Appeal by the defendant from a judgment of the County Court, Orange County (De *1011Rosa, J.), rendered July 13, 2011, convicting him of criminal possession of stolen property in the fourth degree (two counts), upon a jury verdict, and imposing sentence.
Ordered that the judgment is affirmed.
The defendant’s contention that the evidence was legally insufficient to support his convictions is unpreserved for appellate review, as defense counsel made only a general motion for a trial order of dismissal based upon the People’s alleged failure to make out a prima facie case (see CPL 470.05; People v Hawkins, 11 NY3d 484, 491-492 [2008]; People v Chance, 105 AD3d 758, 759 [2013]; People v Hill, 72 AD3d 702, 705 [2010]). In any event, viewing the evidence in the light most favorable to the prosecution (see People v Contes, 60 NY2d 620 [1983]), we find that it was legally sufficient to establish the defendant’s guilt beyond a reasonable doubt. Additionally, in fulfilling our responsibility to conduct an independent review of the weight of the evidence (see CPL 470.15 [5]; People v Danielson, 9 NY3d 342 [2007]), we nevertheless accord great deference to the factfinder’s opportunity to view the witnesses, hear the testimony, and observe demeanor (see People v Mateo, 2 NY3d 383, 410 [2004], cert denied 542 US 946 [2004]; People v Bleakley, 69 NY2d 490, 495 [1987]). Upon reviewing the record here, we are satisfied that the verdict of guilt was not against the weight of the evidence (see People v Romero, 7 NY3d 633 [2006]).
The defendant’s contention that he was deprived of the right to a fair trial by certain comments made by the prosecutor on summation is unpreserved for appellate review, as the defendant did not object to the remarks at issue (see CPL 470.05 [2]; People v Kinard, 96 AD3d 976 [2012]). In any event, the challenged remarks constituted fair comment on the evidence and the reasonable inferences to be drawn therefrom, or permissible rhetorical comment (see People v Ashwal, 39 NY2d 105, 109-110 [1976]; People v Gross, 88 AD3d 905, 906 [2011]).
The defendant has failed to establish that he was deprived of the effective assistance of counsel (see People v Benevento, 91 NY2d 708 [1998]; People v Baldi, 54 NY2d 137 [1981]).

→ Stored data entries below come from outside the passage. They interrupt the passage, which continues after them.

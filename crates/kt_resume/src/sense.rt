//! Whether what nodes did makes sense where it is placed.
//! Cited by judging.rt.

ghost use Rattle.std.specs.Prelude.{◌≡◌, ◌↔◌, IsTrue};
ghost use Rattle.kt_history.specs.Closed.{acts_in_log};
ghost use Rattle.kt_history.specs.WellFormed.{CausesComeFirst, HeardReply, HeardRequest, IsAnswering, IsAsking};
ghost use Rattle.kt_history.specs.WellFormed.{IsShard, SameRequest};
ghost use Rattle.kt_logs.specs.Legal.{IsLog};
ghost use Rattle.kt_logs.specs.Order.{Setting};
ghost use Rattle.kt_model.specs.Resumed.{MakesSense};
ghost use Rattle.kt_resume.specs.auxiliary.Sense.{CauseFits};

use kt_history::{Act, History, What};
use kt_tuple::{Answer, NodeId};

/// Whether each act of the node's log makes sense where it is placed: what it heard was sent by its cause. That what a
/// shard answers again was served so before need not be asked where its log is one that it may make.
pub(crate) fn makes_sense(history: &History, node: NodeId) -> bool
    ensures { (setting : Setting) → CausesComeFirst history.now.notes
        → IsLog setting node (acts_in_log history.now.notes node)
        → (IsTrue result ↔ MakesSense history.now.notes node) }
{
    for number in history.line(node) {
        // Each number of a log is of an act.
        if let Some(act) = history.act(*number) {
            if !has_cause(history, act) {
                return false;
            }
        }
    }
    true
}

/// Whether the act's cause sent what the act heard, or it has none where it heard nothing.
fn has_cause(history: &History, act: &Act) -> bool
    ensures { IsTrue result ↔ CauseFits history.now.notes act.now act.now.what }
{
    match &act.what {
        What::Issue | What::Repeat => act.by == 0,
        What::Heard | What::Served(_) | What::Again(_) => heard_request(history, act),
        What::Accepted(answer) => heard_reply(history, act, answer),
        What::Ignored(None) => matches!(act.node, NodeId::Shard(_)) && heard_request(history, act),
        What::Ignored(Some(answer)) => {
            matches!(act.node, NodeId::Worker(_)) && heard_reply(history, act, answer)
        }
    }
}

/// Whether the act's cause asked for the request that the act is about.
fn heard_request(history: &History, act: &Act) -> bool
    ensures { IsTrue result ↔ HeardRequest history.now.notes act.now }
{
    match history.act(act.by) {
        Some(cause) => is_asking(&cause.what) && are_about_one(act, cause),
        None => false,
    }
}

/// Whether the act's cause is a shard's, and answered the request that the act is about so.
fn heard_reply(history: &History, act: &Act, answer: &Answer) -> bool
    ensures { IsTrue result ↔ HeardReply history.now.notes act.now answer.now }
{
    match history.act(act.by) {
        Some(cause) => {
            is_shard(cause.node) && is_answering(&cause.what, answer) && are_about_one(act, cause)
        }
        None => false,
    }
}

fn is_shard(node: NodeId) -> bool
    ensures { IsTrue result ↔ IsShard node }
{
    matches!(node, NodeId::Shard(_))
}

/// Whether such an act sends a request.
fn is_asking(what: &What) -> bool
    ensures { IsTrue result ↔ IsAsking what.now }
{
    matches!(what, What::Issue | What::Repeat)
}

/// Whether such an act sends this answer.
fn is_answering(what: &What, answer: &Answer) -> bool
    ensures { IsTrue result ↔ IsAnswering what.now answer.now }
{
    match what {
        What::Served(given) | What::Again(given) => given == answer,
        _ => false,
    }
}

/// Whether two acts are about one request: the same worker, number and operation.
fn are_about_one(act: &Act, other: &Act) -> bool
    ensures { IsTrue result ↔ SameRequest act.now other.now }
{
    other.worker == act.worker && other.number == act.number && other.op == act.op
}
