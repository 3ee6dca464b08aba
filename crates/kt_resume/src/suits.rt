//! Whether a checkpoint has of its node what the acts of its log made again.
//! Cited by leads.rt.

ghost use Rattle.std.specs.Prelude.{◌≡◌, ◌≤◌, ◌↔◌, ℕ, List, Option, IsPermutation, IsTrue, IfOk, length};
ghost use Rattle.std.specs.Option.{option_copied};
ghost use Rattle.kt_script.specs.declared.command.Command.{Command};
ghost use Rattle.kt_logs.specs.ShardLog.{MadeShard};
ghost use Rattle.kt_logs.specs.WorkerLog.{MadeWorker};
ghost use Rattle.kt_state.specs.State.{worker_fields};
ghost use Rattle.kt_shard.specs.Session.{empty_session};
ghost use Rattle.kt_shard.specs.Limits.{sessions};
ghost use Rattle.kt_shard.specs.Table.{at};
ghost use Rattle.kt_model.specs.Like.{IsWorkerLike};
ghost use Rattle.kt_resume.specs.Remade.{IsRemade, empty_slot};
ghost use Rattle.kt_resume.specs.Suits.{SuitsShard, SuitsWorker};
ghost use Rattle.kt_resume.specs.auxiliary.Suits.{HasSessions};

use crate::entries::has_entries;
use crate::shard::Remade;
use crate::slot::Slot;
use crate::space::take_equal;
use kt_ckpt::{ShardState, WorkerState};
use kt_space::Bag;
use kt_tuple::{Op, Tuple};
use kt_worker::Worker;
use std::alloc::{AllocError, Global};

/// Whether a checkpoint has of its worker where this one stands. Acts leave one way alone for a worker to stand, so
/// that it is this one.
pub fn suits_worker(stored: &WorkerState, worker: &Worker) -> bool
    ensures exact { IsTrue result ↔ (stored.now ≡ worker_fields worker.now) }
    ensures like { (script : List Command) (made : MadeWorker) → IsWorkerLike script made worker.now
        → IsTrue result ↔ SuitsWorker script made stored.now }
{
    is_stored_as(stored, worker)
}

fn is_stored_as(stored: &WorkerState, worker: &Worker) -> bool
    ensures { IsTrue result ↔ (stored.now ≡ worker_fields worker.now) }
{
    if usize::from(stored.pc()) != worker.pc() {
        return false;
    }
    if stored.number() != worker.number() {
        return false;
    }
    if stored.was_none() != worker.was_none() {
        return false;
    }
    if !are_same(stored.asked(), worker.asked()) {
        return false;
    }
    stored.variables() == worker.values()
}

/// Whether both are one operation, or none.
fn are_same(one: Option<&Op>, other: Option<&Op>) -> bool
    ensures { IsTrue result ↔ (option_copied one.entry ≡ option_copied other.entry) }
{
    match (one, other) {
        (Some(one), Some(other)) => one == other,
        (None, None) => true,
        _ => false,
    }
}

/// Whether a checkpoint has of its shard what was made again, in a scene of so many workers: the tuples in any order,
/// just these sessions, and nothing in the sessions of workers that the scene has not.
pub fn suits_shard(
    alloc: Global,
    workers: u8,
    stored: &ShardState,
    remade: Remade,
) -> Result<bool, AllocError>
    ensures { (scripts : List (List Command)) (made : MadeShard) → length scripts ≡ workers → IsRemade made remade
        → IfOk result (λ suits. IsTrue suits ↔ SuitsShard scripts made stored.now) }
{
    if !has_sessions(workers, stored, remade.slots()) {
        return Ok(false);
    }
    has_just(alloc, remade.into_bag(), stored.bag())
}

/// Whether the checkpoint has what is in the sessions, and nothing is on those of workers that the scene has not.
fn has_sessions(workers: u8, stored: &ShardState, slots: &[Slot]) -> bool
    requires { length slots.now ≡ sessions }
    ensures { IsTrue result ↔ HasSessions workers slots.now stored.now }
{
    if !has_entries(stored.waiting(), slots) {
        return false;
    }
    if !has_entries(stored.cached(), slots) {
        return false;
    }
    are_empty_outside(workers, slots)
}

/// Whether nothing is in the session of number 0 and on those of numbers above this one.
fn are_empty_outside(workers: u8, slots: &[Slot]) -> bool
    ensures { IsTrue result ↔ ((number : ℕ) → ¬ ((1 ≤ number) × (number ≤ workers))
        → (at empty_slot slots.now number).session ≡ empty_session) }
{
    for (number, slot) in slots.iter().enumerate() {
        if !is_allowed(workers, number, slot) {
            return false;
        }
    }
    true
}

/// Whether the worker of this number may have what is in its session: one of the scene may have anything.
fn is_allowed(workers: u8, number: usize, slot: &Slot) -> bool
    ensures { IsTrue result ↔ (¬ ((1 ≤ number) × (number ≤ workers)) → slot.now.session ≡ empty_session) }
{
    (1 <= number && number <= usize::from(workers)) || slot.is_empty()
}

/// Whether the bag has just these tuples, in any order.
fn has_just(alloc: Global, bag: Bag, tuples: &[Tuple]) -> Result<bool, AllocError>
    ensures { IfOk result (λ has. IsTrue has ↔ IsPermutation bag.tuples tuples.now) }
{
    let mut left = bag;
    let has = takes_just(alloc, &mut left, tuples);
    drop(left);
    has
}

/// Whether the bag has just these tuples. Each is taken out of it, and then none is left.
fn takes_just(alloc: Global, left: &mut Bag, tuples: &[Tuple]) -> Result<bool, AllocError>
    ensures { IfOk result (λ has. IsTrue has ↔ IsPermutation left.old.tuples tuples.now) }
{
    for tuple in tuples {
        if !take_equal(alloc, left, tuple)? {
            return Ok(false);
        }
    }
    Ok(left.is_empty())
}
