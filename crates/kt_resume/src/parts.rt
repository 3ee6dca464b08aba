//! Whether a checkpoint is of its node, and short enough.
//! Cited by judging.rt.

ghost use Rattle.std.specs.Prelude.{◌≡◌, ◌↔◌, ◌+◌, ◌<◌, ◌^◌, IfOk, IfSome, IsTrue, None, filter, length};
ghost use Rattle.std.specs.List.{list_all};
ghost use Rattle.kt_tuple.specs.Node.{is_before};
ghost use Rattle.kt_ckpt.specs.Acts.{is_act_of};
ghost use Rattle.kt_scenario.specs.Scene.{SceneModel};
ghost use Rattle.kt_model.specs.Cut.{permanent_length};
ghost use Rattle.kt_model.specs.Resumed.{IsOf, PassedAsMany, all_held};
ghost use Rattle.kt_model.specs.State.{role_of};
ghost use Rattle.kt_resume.specs.Found.{content_of};

use crate::found::{Found, checkpoint_of};
use kt_ckpt::{Ckpt, LogAct, State};
use kt_model::MAX_NOTES;
use kt_tuple::NodeId;
use std::alloc::{AllocError, Global};

/// Whether the node's log and those of the nodes before it, as found, have together no more acts than a history may
/// have notes.
pub(crate) fn is_short(nodes: &[NodeId], found: &[Found], node: NodeId) -> bool
    ensures { IsTrue result ↔ (all_held (content_of found.now) (filter (λ q. is_before q node) nodes.now)
        + permanent_length (content_of found.now) node < 2 ^ 32) }
{
    match room_behind(nodes, found, node) {
        Some(room) => acts_of(found, node) <= room,
        None => false,
    }
}

/// How many notes are left behind the logs of those of these nodes that come before the node, if they have room.
fn room_behind(nodes: &[NodeId], found: &[Found], node: NodeId) -> Option<u64>
    ensures none { result ≡ None
        → MAX_NOTES < all_held (content_of found.now) (filter (λ q. is_before q node) nodes.now) }
    ensures some { IfSome result (λ room.
        room + all_held (content_of found.now) (filter (λ q. is_before q node) nodes.now) ≡ MAX_NOTES) }
{
    let mut room = MAX_NOTES;
    for other in nodes {
        if other.is_before(node) {
            room = room.checked_sub(acts_of(found, *other))?;
        }
    }
    Some(room)
}

/// How many acts the node's checkpoint counts.
pub(crate) fn acts_of(found: &[Found], node: NodeId) -> u64
    ensures { result ≡ permanent_length (content_of found.now) node }
{
    match checkpoint_of(found, node) {
        Some(checkpoint) => checkpoint.line_len(),
        None => 0,
    }
}

/// Whether the checkpoint is the node's own, with a label sent to and heard from each neighbour, of which a worker has
/// so many shards and a shard so many workers.
pub(crate) fn is_of(shards: u8, workers: u8, node: NodeId, checkpoint: &Ckpt) -> bool
    ensures { (scene : SceneModel) → scene.shards ≡ shards → length scene.scripts ≡ workers
        → (IsTrue result ↔ IsOf scene node checkpoint.now) }
{
    let peers = match node {
        NodeId::Worker(_) => shards,
        NodeId::Shard(_) => workers,
    };
    checkpoint.node() == node
        && checkpoint.sent().len() == usize::from(peers)
        && checkpoint.received().len() == usize::from(peers)
        && has_passed_as_many(checkpoint.state())
}

/// Whether a worker asked no more than it passed commands.
fn has_passed_as_many(state: &State) -> bool
    ensures { IsTrue result ↔ PassedAsMany state.now }
{
    match state {
        State::Worker(worker) => worker.number() <= u64::from(worker.pc()),
        State::Shard(_) => true,
    }
}

/// Whether each act that the checkpoint holds may stand in the log of its node.
pub(crate) fn are_its_acts(alloc: Global, checkpoint: &Ckpt) -> Result<bool, AllocError>
    ensures { IfOk result (λ are. are ≡ list_all (is_act_of checkpoint.now.node) checkpoint.now.acts) }
{
    let acts = checkpoint.acts().listed(alloc)?;
    Ok(are_all_of(checkpoint.node(), &acts))
}

fn are_all_of(node: NodeId, acts: &[&LogAct]) -> bool
    ensures { result ≡ list_all (λ a. is_act_of node a.now) acts.now }
{
    acts.iter().all(|act| act.may_be_of(node))
}
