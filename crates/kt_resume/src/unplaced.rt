//! The acts of a node that are not placed yet.
//! Cited by logs.rt, placing.rt.

ghost use Rattle.std.specs.Prelude.{◌≡◌, ◌∷◌, [], slice_get};
ghost use Rattle.std.specs.Option.{option_copied};

use kt_ckpt::LogAct;
use kt_tuple::NodeId;
use std::marker::Model;

/// The acts of one node, in the order of its log, that are not placed yet.
#[derive(Drop)]
pub struct Unplaced {
    node: NodeId,
    /// The next one is the last, so that it is taken at once.
    kept: Vec<LogAct>,
}

impl Model for Unplaced {
    ghost use Rattle.kt_resume.specs.Unplaced.{Left};
    ghost use Rattle.kt_resume.specs.auxiliary.Kept.{left_of};

    ghost Value = { Left };

    ghost view = { λ u. left_of u.node u.kept };

    ghost invariant = { λ u. Unit {0} };
}

impl Unplaced {
    ghost use Rattle.std.specs.Prelude.{Some, None, IfSome, length};
    ghost use Rattle.kt_ckpt.specs.declared.acts.LogAct.{LogAct};

    /// All acts of the node, oldest first.
    pub fn new(node: NodeId, acts: Vec<LogAct>) -> Unplaced
        ensures node { result.node ≡ node }
        ensures acts { result.acts ≡ acts.items }
    {
        let mut kept = acts;
        kept.reverse();
        Unplaced { node, kept }
    }

    /// Whose acts these are.
    pub fn node(&self) -> NodeId
        ensures { result ≡ self.now.node }
    {
        self.node
    }

    /// The next act, if one is left.
    pub fn next(&self) -> Option<&LogAct>
        ensures { option_copied result ≡ slice_get self.now.acts 0 }
    {
        self.kept.last()
    }

    /// Takes the next act out.
    pub(crate) fn take(&mut self) -> Option<LogAct>
        ensures none { result ≡ None → (self.old.acts ≡ []) × (self.new ≡ self.old) }
        ensures some { IfSome result (λ a. self.old.acts ≡ a ∷ self.new.acts) }
        ensures node { self.new.node ≡ self.old.node }
    {
        self.kept.pop()
    }

    /// How many are left.
    pub(crate) fn len(&self) -> usize
        ensures { result ≡ length self.now.acts }
    {
        self.kept.len()
    }
}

The defendant’s contention that the County Court failed to comply with CPL 400.21 before sentencing him as a second felony offender is unpreserved for appellate review (see People v Jackson, 87 AD3d 552, 553-554 [2011]; People v Csoke, 11 AD3d 631 [2004]; People v Todd, 306 AD2d 504, 505 [2003]). In any event, the County Court substantially complied with the requirements of CPL 400.21 (see People v Bouyea, 64 NY2d 1140, 1142 [1985]), and the court’s failure to specifically ask the defendant if he wished to controvert the allegations in the predi*1012cate felony statement was harmless, since the defendant admitted the allegations in the statement, there is no indication that the defendant intended to claim that his prior conviction was unconstitutionally obtained, and he has not alleged any grounds to controvert it (see People v Chase, 101 AD3d 1141 [2012]; People v McAllister, 47 AD3d 731 [2008]; People v Flores, 40 AD3d 876 [2007]). Rivera, J.P., Lott, Sgroi and Miller, JJ., concur.